The “gift” of a “chance” meeting
Sitting on the back of Joseph’s motorcycle we pulled into the Community Health Centre (CHC) at Gondoma. We had been travelling around the chiefdom visiting numerous Community Health Centres and smaller Peripheral Health Units. I assumed this would be another short visit with the in-charge to hear about the work that was taking place and we would soon be on our way. I could not have been more wrong, Tuesday, 8th January, 2019 proved to be a pivotal day in my life, the life of Joseph, and the work of Rural Health Care Initiative.
On that day, four years ago, I met Aminata Kabba, the head mid-wife at Gondoma CHC. A woman with a big heart and a deep love and concern for the people she is serving. We explained to her the work that RHCI was doing in Tikonko and how we had, a year earlier, opened the Mbao-mi birth waiting home, my recollection is that she became quite animated and began to explain that Médecins Sans Frontières (MSF) used to have a building across the street that now lay vacant. She said it would make a great birth waiting home. As she spoke with great enthusiasm it was clear that an opportunity was going to present itself. It felt like she grabbed our shirts and dragged us across the street to see the building. It was an empty shell, but in the perfect location for RHCI to consider expanding its work to Gondoma.
To make a long story short, upon returning to the United States the board set up a committee to discuss the possibility of a birth waiting home in Gondama. Agreements were reached with the community for the land and renovations began on the building. We opened the Gondoma birth waiting home in February of 2021 and have twelve beds available. These beds allow us to provide a safe place for women with higher risk pregnancies to come during their last few weeks of pregnancy so they can be assured of the best medical care possible at the time of delivery.
At the same time, as discussions about and then work on renovating the building were under way we also began operating mobile outreach clinics to four villages in the Gondoma area. This work is carried out in partnership with the Gondoma CHC. The RHCI outreach clinics address family planning, nutrition, under 5 health care, pre-natal and ante-natal care, and other needs. To make this happen we needed to add staff. RHCI decided to hire my friend Joseph to run the work out of Gondoma. This was a great blessing as Joseph had struggled to find steady work for the previous couple of years after his contract work with World Vision had ended. Indeed, his unemployed status was why he was free to drive me around and have the experiences I had that have shaped my life. I was blessed by Joseph’s unemployment, it’s a strange and complicated world in which we live.
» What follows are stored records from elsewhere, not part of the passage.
ghost use Rattle.std.specs.Prelude.{◌≡◌};
ghost use Rattle.kts_abs.specs.Truth.{and_of, not_of, or_of};

use crate::operand::Operand;

/// A truth value: false, unknown or true.
#[derive(Clone, Copy, Debug, PartialEq, Eq)]
pub enum Tri {
    F,
    U,
    T,
}

impl Operand for Tri {
    ghost use Rattle.std.specs.Prelude.{⊤};
    ghost use Rattle.kts_abs.specs.Truth.{may_be, surer, known};
    ghost use Rattle.kts_abs.specs.TruthLaws.{truth_values};

    type Value = bool;

    ghost Valid = { λ _. ⊤ };

    ghost allows = { may_be };

    ghost leq = { surer };

    ghost single = { known };

    ghost laws = { truth_values };

    fn allows(&self, v: &bool) -> bool {
        match self {
            Tri::F => !*v,
            Tri::U => true,
            Tri::T => *v,
        }
    }

    fn leq(&self, o: &Tri) -> bool {
        *self == Tri::U || *self == *o
    }

    fn single(&self) -> Option<bool> {
        match self {
            Tri::F => Some(false),
            Tri::U => None,
            Tri::T => Some(true),
        }
    }
}

/// Strong Kleene conjunction.
pub fn and(a: Tri, b: Tri) -> Tri
    ensures { result ≡ and_of a b }
{
    match (a, b) {
        (Tri::F, _) | (_, Tri::F) => Tri::F,
        (Tri::T, Tri::T) => Tri::T,
        _ => Tri::U,
    }
}

/// Strong Kleene disjunction.
pub fn or(a: Tri, b: Tri) -> Tri
    ensures { result ≡ or_of a b }
{
    match (a, b) {
        (Tri::T, _) | (_, Tri::T) => Tri::T,
        (Tri::F, Tri::F) => Tri::F,
        _ => Tri::U,
    }
}

/// Strong Kleene negation.
pub fn not(a: Tri) -> Tri
    ensures { result ≡ not_of a }
{
    match a {
        Tri::F => Tri::T,
        Tri::U => Tri::U,
        Tri::T => Tri::F,
    }
}
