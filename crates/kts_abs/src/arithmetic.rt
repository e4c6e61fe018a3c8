ghost use Rattle.std.specs.Prelude.{◌≡◌, ◌*ℤ◌, ◌≤ℤ◌, Some};
ghost use Rattle.kts_abs.specs.Members.{union_of};
ghost use Rattle.kts_abs.specs.Windows.{sum_of, difference_of, product_of, least_of_four, greatest_of_four, least_of, greatest_of, hull_of, gated, fitted};

use crate::truth::Tri;
use kts_semi::Window;
use kts_sets::Choice;

/// The window with these ends, where the machine's range has them.
fn fit(lo: i128, hi: i128) -> Option<Window>
    requires { lo ≤ℤ hi }
    ensures { result ≡ fitted (lo, hi) }
{
    Window::new(i64::try_from(lo).ok()?, i64::try_from(hi).ok()?)
}

/// The sum, None where an end leaves the machine's range.
pub fn add(a: &Window, b: &Window) -> Option<Window>
    ensures { result ≡ fitted (sum_of a.now b.now) }
{
    Window::new(a.lo() + b.lo(), a.hi() + b.hi())
}

/// The difference, None where an end leaves the machine's range.
pub fn sub(a: &Window, b: &Window) -> Option<Window>
    ensures { result ≡ fitted (difference_of a.now b.now) }
{
    Window::new(a.lo() - b.hi(), a.hi() - b.lo())
}

fn times(x: i64, y: i64) -> i128
    ensures { result ≡ x *ℤ y }
{
    x as i128 * y as i128
}

#[tactic(auto, unfolding(crate::specs::Windows::least_of_four))]
fn least_in(p: i128, q: i128, r: i128, s: i128) -> i128
    ensures { result ≡ least_of_four p q r s }
{
    p.min(q).min(r.min(s))
}

#[tactic(auto, unfolding(crate::specs::Windows::greatest_of_four))]
fn greatest_in(p: i128, q: i128, r: i128, s: i128) -> i128
    ensures { result ≡ greatest_of_four p q r s }
{
    p.max(q).max(r.max(s))
}

/// The product, None where an end leaves the machine's range.
pub fn mul(a: &Window, b: &Window) -> Option<Window>
    ensures { result ≡ fitted (product_of a.now b.now) }
{
    let p = times(a.lo(), b.lo());
    let q = times(a.lo(), b.hi());
    let r = times(a.hi(), b.lo());
    let s = times(a.hi(), b.hi());
    fit(least_in(p, q, r, s), greatest_in(p, q, r, s))
}

/// The window of the lesser of two numbers; never None.
pub fn min(a: &Window, b: &Window) -> Option<Window>
    ensures { result ≡ Some (least_of a.now b.now) }
{
    Window::new(a.lo().min(b.lo()), a.hi().min(b.hi()))
}

/// The window of the greater of two numbers; never None.
pub fn max(a: &Window, b: &Window) -> Option<Window>
    ensures { result ≡ Some (greatest_of a.now b.now) }
{
    Window::new(a.lo().max(b.lo()), a.hi().max(b.hi()))
}

/// The least window round both.
pub fn hull(a: &Window, b: &Window) -> Window
    ensures { result ≡ hull_of a.now b.now }
{
    Window::new(a.lo().min(b.lo()), a.hi().max(b.hi())).unwrap()
}

/// The members of either.
pub fn union<const W: usize>(a: &Choice<W>, b: &Choice<W>) -> Choice<W>
    ensures { result ≡ union_of a.now b.now }
{
    Choice::new(a.set().join_sets(&b.set())).unwrap()
}

/// The addend `w` of a sum, which counts where `c` holds.
pub fn gate(c: Tri, w: &Window) -> Window
    ensures { result ≡ gated c w.now }
{
    let zero = Window::new(0, 0).unwrap();
    match c {
        Tri::F => zero,
        Tri::U => hull(w, &zero),
        Tri::T => *w,
    }
}
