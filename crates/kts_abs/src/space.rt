ghost use Rattle.std.specs.Prelude.{◌≡◌, ◌<◌, length, slice_set};

use crate::cell::Cell;
use kts_base::List;

/// What is known of each cell of a schedule, in order.
#[derive(Drop)]
pub struct Space<const W: usize> {
    cells: List<Cell<W>>,
}

impl<const W: usize> Space<W> {
    pub fn new(cells: List<Cell<W>>) -> Space<W>
        ensures { result.cells ≡ cells.entry }
    {
        Space { cells }
    }

    pub fn cells(&self) -> &List<Cell<W>>
        ensures { result.now ≡ self.now.cells }
    {
        &self.cells
    }

    /// Replaces one cell.
    pub fn set(&mut self, at: usize, cell: Cell<W>)
        requires { at < length self.old.cells }
        ensures { self.new ≡ record self.old { cells = slice_set self.old.cells at cell.entry } }
    {
        self.cells.set(at, cell);
    }
}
Today Joseph oversees the four mobile outreach clinics that we run out of Gondoma as well as the birth waiting home located across the street from the CHC. He coordinates our partnership with the Community Health Officer for the chiefdom, Mohamed Tarawally.
Some might say that first meeting with Aminata was a “chance” meeting, others might call it a “blessing,” or “providence.” Whatever you want to call it, it is a gift. The gift of life to women who live in a nation with one of the highest rates of maternal mortality in the world. It is the gift of life to som many under the age of five in a nation with one of the highest infant mortality rates in the world. It is the gift of a better life for those in the community as they have access to health care that was previously lacking.
When I saw Aminata at our Ngandorhun outreach clinic today, my heart was full. We have come a long way. If I allow myself to stop and reflect on the last four years since that first meeting on the 8th January, 2019, my eyes fill, I am overwhelmed with gratitude, a true sense of awe, and so much joy. We are making a difference in the world today, but there is still so much to do.
My heart also aches and breaks for those who don’t yet have ath
“Whatever you do for the least of these brothers and sisters of mine you do for me.” - Jesus.